To accommodate real-world dynamics, artificial intelligence systems need to cope with sequentially arriving content in an online manner. Beyond regular Continual Learning (CL) attempting to address catastrophic forgetting with offline training of each task, Online Continual Learning (OCL) is a more challenging yet realistic setting that performs CL in a one-pass data stream. Current OCL methods primarily rely on memory replay of old training samples. However, a notable gap from CL to OCL stems from the additional overfitting-underfitting dilemma associated with the use of rehearsal buffers: the inadequate learning of new training samples (underfitting) and the repeated learning of a few old training samples (overfitting). To this end, we introduce a novel approach, Multi-level Online Sequential Experts (MOSE), which cultivates the model as stacked sub-experts, integrating multi-level supervision and reverse self-distillation. Supervision signals across multiple stages facilitate appropriate convergence of the new task while gathering various strengths from experts by knowledge distillation mitigates the performance decline of old tasks. MOSE demonstrates remarkable efficacy in learning new samples and preserving past knowledge through multi-level experts, thereby significantly advancing OCL performance over state-of-the-art baselines (e.g., up to 7.3% on Split CIFAR-100 and 6.1% on Split Tiny-ImageNet).

Figures (11)

• Figure 1: Overfitting-Underfitting Dilemma. We show the impact of training different epochs to the test accuracy of task 1 and task 2 of Split CIFAR-100 cifar dataset, as well as BOF value for joint training on the buffer of the last task. (a) shows the test accuracy of task 1 when the training of task 2 has just finished ($t=2$). Similarly, (b) and (c) show the test accuracy of task 2, and the average performance of the first two tasks when $t=2$. (d) shows the buffer overfitting problem across different epochs. aug here is a combination of 3 different data augmentation used in simclrOCM. For a fair comparison, we fix $M=1K$, batch size $B=10$, and buffer batch size $B^{\mathcal{M}}=64$.

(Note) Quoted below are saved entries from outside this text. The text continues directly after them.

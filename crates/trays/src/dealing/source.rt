ghost use Rattle.std.specs.Prelude.{◌≡◌, ◌≤◌, ◌%◌, length};
ghost use Rattle.trays.specs.Laying.{OfSize};

// What the slips of one group are laid from: the key, or none for the all-zero key, and the group's random blocks, each of the size of the key.
#[derive(Drop)]
pub(super) struct Source<'a, E> {
    pub(super) key: Option<&'a [E]>,
    pub(super) own: &'a [E],
    pub(super) size: usize,
    ghost some: { 1 ≤ size },
    ghost sized: { OfSize key size },
    ghost whole: { length own.now % size ≡ 0 },
}

mod slips;
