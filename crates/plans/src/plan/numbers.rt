ghost use Rattle.std.specs.Prelude.{◌≡◌};
ghost use Rattle.plans.specs.Shape.{shape_of};

use crate::plan::Plan;

impl Plan {
    // T, the number of harbours.
    pub fn harbours(&self) -> usize
        ensures { result ≡ (shape_of self.now).harbours }
    {
        self.harbours
    }

    // t, how many harbours restore the key.
    pub fn threshold(&self) -> usize
        ensures { result ≡ (shape_of self.now).threshold }
    {
        self.threshold
    }

    // k, of how many elements the key is.
    pub fn components(&self) -> usize
        ensures { result ≡ (shape_of self.now).components }
    {
        self.components
    }
}
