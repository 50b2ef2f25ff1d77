ghost use Rattle.plans.specs.Calls.{Made};

use crate::plan::Plan;
use crate::refusal::Refusal;

impl Plan {
    // A plan of 1 to 10 harbours, a threshold of 1 to that many, and 1 to 8 components.
    pub fn new(harbours: usize, threshold: usize, components: usize) -> Result<Plan, Refusal>
        ensures { Made harbours threshold components result }
    {
        if harbours < 1 || harbours > 10 {
            return Err(Refusal::Harbours);
        }
        if threshold < 1 || threshold > harbours {
            return Err(Refusal::Threshold);
        }
        if components < 1 || components > 8 {
            return Err(Refusal::Components);
        }
        Ok(Plan {
            harbours,
            threshold,
            components,
        })
    }
}
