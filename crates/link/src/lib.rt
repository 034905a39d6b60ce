// The link: one frame over a noisy wire, from the writer through the chain to the reader.
#![tactic(auto)]

ghost use Rattle.std.specs.Prelude.{◌≡◌};
ghost use Rattle.pec.specs.Noise.{noisy};
ghost use Rattle.link.specs.Carry.{Carries};

use lent::refusal::Refusal;

// What the writer, the chain and the reader gave.
#[derive(Clone, Copy)]
pub struct Carried {
    pub made: Result<(), Refusal>,
    pub heard: Result<u16, Refusal>,
    pub asked: Result<(), Refusal>,
}

// Noise on bytes that pass: each bit is flipped where the mask has a 1.
fn lay_noise(mask: &[u8], part: &mut [u8])
    ensures { part.new ≡ noisy mask.now part.old }
{
    // By index: after a `for` over `part.iter_mut().zip(mask)` a proof knows how many bytes the part has, and not which.
    let end = mask.len().min(part.len());
    for i in 0..end {
        part[i] ^= mask[i];
    }
}

// One frame: the host asks n devices for a command, `forth` falls on the frame and `back` on the reply, and the reader is given what comes back.
pub fn carry(
    n: u32,
    code: u32,
    bytes: &[u8],
    forth: &[u8],
    back: &[u8],
    out: &mut [u8],
    state: &mut [u8],
    reply: &mut [u8],
    read: &mut [u8],
    marks: &mut [u8],
) -> Carried
    ensures { Carries n (record {
      code = code;
      bytes = bytes.now;
      out = out.old;
      reply = reply.old;
      read = read.old;
      marks = marks.old;
      forth = forth.now;
      back = back.now;
    }) state.old result out.new state.new reply.new read.new marks.new }
{
    let written = frames::writer::write(n, code, bytes, out);
    let length = written.unwrap_or(0);
    lay_noise(forth, &mut out[0..length]);
    let heard = chain::serve(n, &out[0..length], state, reply);
    let returned = length.min(reply.len());
    lay_noise(back, &mut reply[0..returned]);
    let asked = host::reader::read(n, code, &reply[0..returned], read, marks);
    Carried {
        made: written.and(Ok(())),
        heard,
        asked,
    }
}
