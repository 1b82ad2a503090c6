//! ISO/IEC 13818-2, 7.6.4 to 7.6.7: the three components of a macroblock, of one direction or of two.
ghost use Rattle.std.specs.Prelude.{◌≡◌, ◌++◌, ◌+◌, length};
ghost use Rattle.forming_predictions.specs.Means.{rounded};
ghost use Rattle.inter_reconstruction.specs.declared.motion.Uses.TheVariants.{Both};
ghost use Rattle.inter_reconstruction.specs.Components.{ColourComponent, macroblock_bytes};
ghost use Rattle.inter_reconstruction.specs.Frames.{frame_reading};
ghost use Rattle.inter_reconstruction.specs.Macroblock.{predicted};
ghost use Rattle.inter_reconstruction.specs.inner.Planes.{AllReadable, BlocksFit, directed_part, directed};

use crate::area::Cell;
use crate::blocks::{predict_direction, predict_two, store_chosen};
use crate::frames::{FrameBuffer, chroma_mb_extent};
use crate::motion::DirectionMotion;
use combine_predictions::PredictionDirection;
use pmv::kinds::ChromaFormat;

// ---- the three components of one direction

/// The three blocks of one direction.
fn predict_blocks(
    motion: DirectionMotion,
    chroma_format: ChromaFormat,
    frame: &FrameBuffer<'_>,
    cell: Cell,
    y_block: &mut [u8],
    cb_block: &mut [u8],
    cr_block: &mut [u8],
)
    requires { AllReadable frame.now × BlocksFit chroma_format (length y_block.old) (length cb_block.old) (length cr_block.old) }
    ensures y_block_at_exit { y_block.new ≡ directed_part chroma_format (frame_reading frame.now) motion ColourComponent.luma cell.mb_col cell.mb_row }
    ensures cb_block_at_exit { cb_block.new ≡ directed_part chroma_format (frame_reading frame.now) motion ColourComponent.cb cell.mb_col cell.mb_row }
    ensures cr_block_at_exit { cr_block.new ≡ directed_part chroma_format (frame_reading frame.now) motion ColourComponent.cr cell.mb_col cell.mb_row }
{
    let luma_at = cell.luma();
    let chroma_at = cell.chroma(chroma_format);
    let chroma = motion.chroma(chroma_format);
    predict_direction(&frame.y, luma_at, &motion, y_block);
    predict_direction(&frame.cb, chroma_at, &chroma, cb_block);
    predict_direction(&frame.cr, chroma_at, &chroma, cr_block);
}

/// Writes the three blocks of the one direction that there is.
fn store_blocks(direction: PredictionDirection, y: &[u8], cb: &[u8], cr: &[u8], out: &mut [u8])
    requires { length out.old ≡ length y.now + (length cb.now + length cr.now) }
    ensures { out.new ≡ y.now ++ (cb.now ++ cr.now) }
{
    let a = y.len();
    let b = a + cb.len();
    let e = out.len();
    store_chosen(direction, y, &mut out[0..a]);
    store_chosen(direction, cb, &mut out[a..b]);
    store_chosen(direction, cr, &mut out[b..e]);
}

/// A macroblock with one direction. All three blocks are predicted before the first is copied: a copy that at once reads what was written
/// in smaller parts waits until that is in memory.
#[tactic(auto, using(crate::proofs::Begun::front_is, crate::proofs::Rectangles::rectangle_length), unfolding(crate::specs::Macroblock::macroblock))]
pub(crate) fn predict_from_one(
    direction: PredictionDirection,
    motion: DirectionMotion,
    chroma_format: ChromaFormat,
    frame: &FrameBuffer<'_>,
    cell: Cell,
    out: &mut [u8],
)
    requires { AllReadable frame.now × (length out.old ≡ macroblock_bytes chroma_format) }
    ensures { out.new ≡ directed chroma_format (frame_reading frame.now) motion cell.mb_col cell.mb_row }
{
    let size = chroma_mb_extent(chroma_format);
    let n = size.width * size.height;
    // fixed memory: no heap in the layers, and no block is larger than 256
    let mut y_block = [0u8; 256];
    let mut cb_block = [0u8; 256];
    let mut cr_block = [0u8; 256];
    predict_blocks(
        motion,
        chroma_format,
        frame,
        cell,
        &mut y_block,
        &mut cb_block[..n],
        &mut cr_block[..n],
    );
    store_blocks(direction, &y_block, &cb_block[..n], &cr_block[..n], out);
}

// ---- the three components of two directions

/// A macroblock with two directions.
pub(crate) fn predict_from_two(
    forward_motion: DirectionMotion,
    backward_motion: DirectionMotion,
    chroma_format: ChromaFormat,
    forward: &FrameBuffer<'_>,
    backward: &FrameBuffer<'_>,
    cell: Cell,
    out: &mut [u8],
)
    requires { AllReadable forward.now × AllReadable backward.now × (length out.old ≡ macroblock_bytes chroma_format) }
    ensures { let forward_read = frame_reading forward.now in
        let backward_read = frame_reading backward.now in
        out.new ≡ predicted rounded chroma_format forward_read backward_read (Both forward_motion backward_motion) cell.mb_col cell.mb_row }
{
    let luma_at = cell.luma();
    let chroma_at = cell.chroma(chroma_format);
    let forward_chroma = forward_motion.chroma(chroma_format);
    let backward_chroma = backward_motion.chroma(chroma_format);
    let a = 256 + chroma_at.bytes();
    let e = out.len();
    predict_two(
        &forward.y,
        &forward_motion,
        &backward.y,
        &backward_motion,
        luma_at,
        &mut out[0..256],
    );
    predict_two(
        &forward.cb,
        &forward_chroma,
        &backward.cb,
        &backward_chroma,
        chroma_at,
        &mut out[256..a],
    );
    predict_two(
        &forward.cr,
        &forward_chroma,
        &backward.cr,
        &backward_chroma,
        chroma_at,
        &mut out[a..e],
    );
}
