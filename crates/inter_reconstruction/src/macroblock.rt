//! ISO/IEC 13818-2, 7.6.4 to 7.6.7: the calls that predict a macroblock, with all that they refuse.
ghost use Rattle.std.specs.Prelude.{◌≡◌, false, Some, None, Ok, length, is_some};
ghost use Rattle.std.specs.Result.{result_err};
ghost use Rattle.combine_predictions.specs.Refusals.{answered, unless_refused};
ghost use Rattle.inter_reconstruction.specs.declared.motion.Uses.TheVariants.{Both};
ghost use Rattle.inter_reconstruction.specs.declared.macroblock.PredictionRefusal.TheVariants.{BackwardMissing};
ghost use Rattle.inter_reconstruction.specs.Components.{macroblock_bytes};
ghost use Rattle.inter_reconstruction.specs.Motion.{wanted_by, uses_by, BackwardAlone};
ghost use Rattle.inter_reconstruction.specs.Frames.{samples_of, lengths_of, sides_of, samples_in, given_sides, given_lengths, given_reading};
ghost use Rattle.inter_reconstruction.specs.Refusals.{prediction_number, same_geometry, planes_fit, one_refusal};
ghost use Rattle.inter_reconstruction.specs.Answers.{accepted, directions_of, prediction_directions, refusal_among, refusal_from, prediction_from};
ghost use Rattle.inter_reconstruction.specs.inner.Planes.{directed, missing_in, destination_refusal};

use crate::area::Cell;
use crate::components::{predict_from_one, predict_from_two};
use crate::frames::{FrameBuffer, FrameGeometry, FrameSides, macroblock_bytes};
use crate::motion::{DirectionMotion, DirectionVectors, Motion, UsedDirections, Uses};
use combine_predictions::PredictionDirection;
use forming_predictions::plane_fits;

/// The last column and the last row of macroblocks that are taken.
pub const LAST_CELL: usize = 1023;

/// What an accepted call tells of its prediction.
#[derive(Clone, Copy, Debug, PartialEq, Eq)]
pub struct Accepted {
    pub directions: UsedDirections,
}

/// Why the prediction of a macroblock is refused. Each reason has its number of docs/SCOPE.md.
#[derive(Clone, Copy, Debug, PartialEq, Eq)]
pub enum PredictionRefusal {
    /// The column or the row is over 1,023.
    CellTooFar = 13,
    /// A plane's length is not width times height, or a side is outside the domain.
    OutsideDomain = 14,
    /// A reference's width, height or format is not the destination's.
    OtherGeometry = 15,
    /// The forward reference is used, and absent; of two directions, both references are.
    ForwardMissing = 16,
    /// The backward reference is used alone, and absent.
    BackwardMissing = 17,
    /// The output is not as long as a macroblock.
    WrongLength = 18,
}

impl From<PredictionRefusal> for u32 {
    ghost from_gives = { λ refusal number. number ≡ prediction_number refusal };

    fn from(refusal: PredictionRefusal) -> u32 {
        refusal as u32
    }
}

/// A function, since the definition is the scope's; `==` on all fields is the same.
#[tactic(auto, unfolding(crate::specs::Refusals::same_geometry))]
fn same_geometry(a: FrameGeometry, b: FrameGeometry) -> bool
    ensures { result ≡ same_geometry a b }
{
    a == b
}

/// Each plane of a frame is in the domain: no side is too long, and it has as many samples as its sides say.
#[tactic(auto, unfolding(crate::specs::Refusals::planes_fit))]
pub fn planes_fit(frame: FrameSides, y: &[u8], cb: &[u8], cr: &[u8]) -> bool
    ensures { result ≡ planes_fit frame (lengths_of (samples_of y.now cb.now cr.now)) }
{
    plane_fits(frame.y, y.len()) & (plane_fits(frame.cb, cb.len()) & plane_fits(frame.cr, cr.len()))
}

/// The same of a frame with its samples.
fn frame_fits(frame: &FrameBuffer<'_>) -> bool
    ensures { result ≡ planes_fit (sides_of frame.now) (lengths_of (samples_in frame.now)) }
{
    planes_fit(
        frame.sides(),
        frame.y.samples,
        frame.cb.samples,
        frame.cr.samples,
    )
}

/// The refusal of a direction whose reference is absent.
fn missing_in(direction: PredictionDirection) -> PredictionRefusal
    ensures { result ≡ missing_in direction }
{
    match direction {
        PredictionDirection::Forward => PredictionRefusal::ForwardMissing,
        PredictionDirection::Backward => PredictionRefusal::BackwardMissing,
        PredictionDirection::Skipped => PredictionRefusal::ForwardMissing,
    }
}

/// One direction: 16 or 17 where its reference is absent; 15; 14.
fn predict_alone(
    dest: FrameGeometry,
    direction: PredictionDirection,
    motion: DirectionMotion,
    reference: Option<FrameBuffer<'_>>,
    cell: Cell,
    out: &mut [u8],
) -> Result<(), PredictionRefusal>
    requires { length out.old ≡ macroblock_bytes dest.chroma_format }
    ensures answer { result ≡ answered (one_refusal (missing_in direction) dest (given_sides reference.entry) (given_lengths reference.entry)) tt }
    ensures buffer { out.new ≡ unless_refused (result_err result) (directed dest.chroma_format (given_reading reference.entry) motion cell.mb_col cell.mb_row) out.old }
{
    let frame = reference.as_ref().ok_or(missing_in(direction))?;
    if !same_geometry(frame.geometry, dest) {
        return Err(PredictionRefusal::OtherGeometry);
    }
    if !frame_fits(frame) {
        return Err(PredictionRefusal::OutsideDomain);
    }
    predict_from_one(direction, motion, dest.chroma_format, frame, cell, out);
    Ok(())
}

/// Both directions: 16, then 17, where their references are absent; 15 of the forward one, then of the backward one; 14. From the calls above
/// either both are absent or none is.
fn predict_both(
    dest: FrameGeometry,
    forward_motion: DirectionMotion,
    backward_motion: DirectionMotion,
    forward: Option<FrameBuffer<'_>>,
    backward: Option<FrameBuffer<'_>>,
    cell: Cell,
    out: &mut [u8],
) -> Result<(), PredictionRefusal>
    requires { length out.old ≡ macroblock_bytes dest.chroma_format }
    ensures answer { result ≡ answered (refusal_among dest forward.entry backward.entry (Both forward_motion backward_motion)) tt }
    ensures buffer { let prediction = prediction_from dest.chroma_format forward.entry backward.entry (Both forward_motion backward_motion) cell.mb_col cell.mb_row in
        out.new ≡ unless_refused (result_err result) prediction out.old }
{
    let first = forward.as_ref().ok_or(PredictionRefusal::ForwardMissing)?;
    let second = backward.as_ref().ok_or(PredictionRefusal::BackwardMissing)?;
    if !same_geometry(first.geometry, dest) {
        return Err(PredictionRefusal::OtherGeometry);
    }
    if !same_geometry(second.geometry, dest) {
        return Err(PredictionRefusal::OtherGeometry);
    }
    if !frame_fits(first) {
        return Err(PredictionRefusal::OutsideDomain);
    }
    if !frame_fits(second) {
        return Err(PredictionRefusal::OutsideDomain);
    }
    predict_from_two(
        forward_motion,
        backward_motion,
        dest.chroma_format,
        first,
        second,
        cell,
        out,
    );
    Ok(())
}

/// 13, then 18.
fn check_destination(
    dest: FrameGeometry,
    mb_col: usize,
    mb_row: usize,
    room: usize,
) -> Result<(), PredictionRefusal>
    ensures { result ≡ answered (destination_refusal dest room mb_col mb_row) tt }
{
    if (LAST_CELL < mb_col) | (LAST_CELL < mb_row) {
        return Err(PredictionRefusal::CellTooFar);
    }
    if room != macroblock_bytes(dest.chroma_format) {
        return Err(PredictionRefusal::WrongLength);
    }
    Ok(())
}

/// The directions that are used, with their references: what `prediction_refusal` has after the destination.
#[tactic(auto, using(crate::proofs::Checks::forward_alone, crate::proofs::Checks::backward_alone))]
#[inline(always)] // into each kind's call, which knows the kind: a macroblock of one direction takes 115 to 145 instructions less
fn predict_used(
    dest: FrameGeometry,
    used: Uses,
    forward: Option<FrameBuffer<'_>>,
    backward: Option<FrameBuffer<'_>>,
    cell: Cell,
    out: &mut [u8],
) -> Result<Accepted, PredictionRefusal>
    requires { length out.old ≡ macroblock_bytes dest.chroma_format }
    ensures answer { result ≡ answered (refusal_among dest forward.entry backward.entry used) (accepted used) }
    ensures buffer { let prediction = prediction_from dest.chroma_format forward.entry backward.entry used cell.mb_col cell.mb_row in
        out.new ≡ unless_refused (result_err result) prediction out.old }
{
    let directions = match used {
        Uses::Forward(d) => {
            predict_alone(dest, PredictionDirection::Forward, d, forward, cell, out)?;
            UsedDirections::Forward
        }
        Uses::Backward(e) => {
            predict_alone(dest, PredictionDirection::Backward, e, backward, cell, out)?;
            UsedDirections::Backward
        }
        Uses::Both(d, e) => {
            predict_both(dest, d, e, forward, backward, cell, out)?;
            UsedDirections::Both
        }
    };
    Ok(Accepted { directions })
}

/// Writes the prediction of a macroblock, frame-based or field-based by its vectors: luminance, then Cb, then Cr, each row after row. Nothing is
/// written by a refusal: of a cell that is too far, of an output of the wrong length, of a reference that is used and absent, of another
/// geometry than the destination's, of a plane that is outside the domain.
pub fn predict_macroblock_planes<V: DirectionVectors>(
    dest: FrameGeometry,
    forward: Option<FrameBuffer<'_>>,
    backward: Option<FrameBuffer<'_>>,
    mb_col: usize,
    mb_row: usize,
    motion: Motion<V>,
    out: &mut [u8],
) -> Result<Accepted, PredictionRefusal>
    ensures answer { let used = uses_by V.motion V.still motion (is_some forward.entry) (is_some backward.entry) in
        let refusal = refusal_from dest (length out.old) forward.entry backward.entry used mb_col mb_row in
        result ≡ answered refusal (accepted used) }
    ensures directions { let used = uses_by V.motion V.still motion (is_some forward.entry) (is_some backward.entry) in
        result_err result ≡ None → prediction_directions result ≡ Some (directions_of used) }
    ensures buffer { let used = uses_by V.motion V.still motion (is_some forward.entry) (is_some backward.entry) in
        let prediction = prediction_from dest.chroma_format forward.entry backward.entry used mb_col mb_row in
        out.new ≡ unless_refused (result_err result) prediction out.old }

    // Samples given by the directions that have motion, where nothing of these is refused, are as they would be by these alone.
    ensures unchanged { let wanted = wanted_by V.motion V.still motion in
        let refusal = refusal_from dest (length out.old) forward.entry backward.entry wanted mb_col mb_row in
        let prediction = prediction_from dest.chroma_format forward.entry backward.entry wanted mb_col mb_row in
        refusal ≡ None → (result ≡ Ok (accepted wanted)) × (out.new ≡ prediction) }
    ensures backward_alone { result_err result ≡ Some BackwardMissing → BackwardAlone (wanted_by V.motion V.still motion) × (is_some backward.entry ≡ false) }
{
    check_destination(dest, mb_col, mb_row, out.len())?;
    predict_used(
        dest,
        motion.uses(forward.is_some(), backward.is_some()),
        forward,
        backward,
        Cell { mb_col, mb_row },
        out,
    )
}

• Figure 2: Illustration of the proposed MOSE. For each training sample $(x,y)$, the input $x$ is augmented to another view $x^{\prime}$ and concatenate together for network training. MOSE includes multiple supervision signals (cross-entropy and supervised contrastive loss) injected at different network layers and extra reverse self-distillation from the shallower layers to the deepest to integrate the knowledge of experts.
• Figure 3: Different Number of Experts. We divide the ResNet18 backbone into a few components according to its block-wise structure, evaluated under four different memory buffer sizes.
• Figure 4: Overfitting-Underfitting Test. These two subfigures exhibit (a) the test accuracy of each new task $t$ when it is trained; and (b) the average BOF value of old tasks after learning each task.
• Figure 5: Average Accuracy with Different Student Expert. Here presents the average test accuracy $\mathbb{E}_{i\leq t} a_{i, t}$ at different task $t$ during training. E1, E2, E3, and E4 denote the student experts used in our proposed RSD. (a), (b) and (c) are accuracy results of corresponding student expert; (d), (e) and (f) are accuracy results of their MOE version, which is the accuracy of averaged output logits across all experts.